The task: Across the records that follow, determine how many lines contain "bool" and give only the resulting number.

Records supplied START

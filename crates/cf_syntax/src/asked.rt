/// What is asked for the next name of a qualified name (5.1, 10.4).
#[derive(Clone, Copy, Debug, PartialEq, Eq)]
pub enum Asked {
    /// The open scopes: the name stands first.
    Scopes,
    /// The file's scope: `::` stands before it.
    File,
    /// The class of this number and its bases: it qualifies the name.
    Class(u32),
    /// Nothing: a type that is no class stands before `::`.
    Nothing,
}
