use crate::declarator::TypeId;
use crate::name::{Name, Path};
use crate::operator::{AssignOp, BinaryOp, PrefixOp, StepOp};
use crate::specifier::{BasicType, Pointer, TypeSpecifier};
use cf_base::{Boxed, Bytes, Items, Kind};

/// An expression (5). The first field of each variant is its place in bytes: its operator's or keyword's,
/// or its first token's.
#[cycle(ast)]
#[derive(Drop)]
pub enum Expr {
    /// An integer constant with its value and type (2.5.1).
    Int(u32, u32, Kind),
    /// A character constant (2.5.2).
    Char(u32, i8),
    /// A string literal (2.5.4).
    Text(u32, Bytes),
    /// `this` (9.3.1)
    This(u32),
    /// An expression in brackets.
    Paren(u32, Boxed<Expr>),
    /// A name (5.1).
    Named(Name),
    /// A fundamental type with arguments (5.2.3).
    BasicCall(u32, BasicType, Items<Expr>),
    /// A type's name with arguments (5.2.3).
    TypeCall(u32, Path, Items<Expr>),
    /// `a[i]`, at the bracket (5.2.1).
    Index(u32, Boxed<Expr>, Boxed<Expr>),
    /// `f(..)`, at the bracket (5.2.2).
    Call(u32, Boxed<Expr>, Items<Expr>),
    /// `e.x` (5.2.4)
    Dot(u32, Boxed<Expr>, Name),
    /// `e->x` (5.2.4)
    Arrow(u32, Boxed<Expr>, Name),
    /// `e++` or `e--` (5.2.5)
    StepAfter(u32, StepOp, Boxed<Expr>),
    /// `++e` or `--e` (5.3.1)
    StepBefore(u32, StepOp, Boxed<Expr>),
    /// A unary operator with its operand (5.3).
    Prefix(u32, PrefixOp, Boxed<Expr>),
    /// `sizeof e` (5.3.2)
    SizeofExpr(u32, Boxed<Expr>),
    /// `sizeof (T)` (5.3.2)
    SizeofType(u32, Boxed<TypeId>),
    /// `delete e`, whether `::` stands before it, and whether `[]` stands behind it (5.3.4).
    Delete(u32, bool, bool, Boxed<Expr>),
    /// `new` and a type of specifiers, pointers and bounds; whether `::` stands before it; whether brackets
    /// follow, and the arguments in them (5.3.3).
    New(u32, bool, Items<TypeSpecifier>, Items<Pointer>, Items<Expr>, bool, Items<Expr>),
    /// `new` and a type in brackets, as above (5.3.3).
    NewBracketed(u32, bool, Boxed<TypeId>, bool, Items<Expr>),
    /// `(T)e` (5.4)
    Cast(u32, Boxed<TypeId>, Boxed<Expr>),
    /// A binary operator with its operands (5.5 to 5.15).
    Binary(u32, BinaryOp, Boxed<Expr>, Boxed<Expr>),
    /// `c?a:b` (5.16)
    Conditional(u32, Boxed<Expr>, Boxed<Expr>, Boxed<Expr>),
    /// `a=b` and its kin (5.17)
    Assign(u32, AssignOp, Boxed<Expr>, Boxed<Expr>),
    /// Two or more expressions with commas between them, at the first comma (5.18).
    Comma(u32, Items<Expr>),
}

Records supplied END

Your response: 3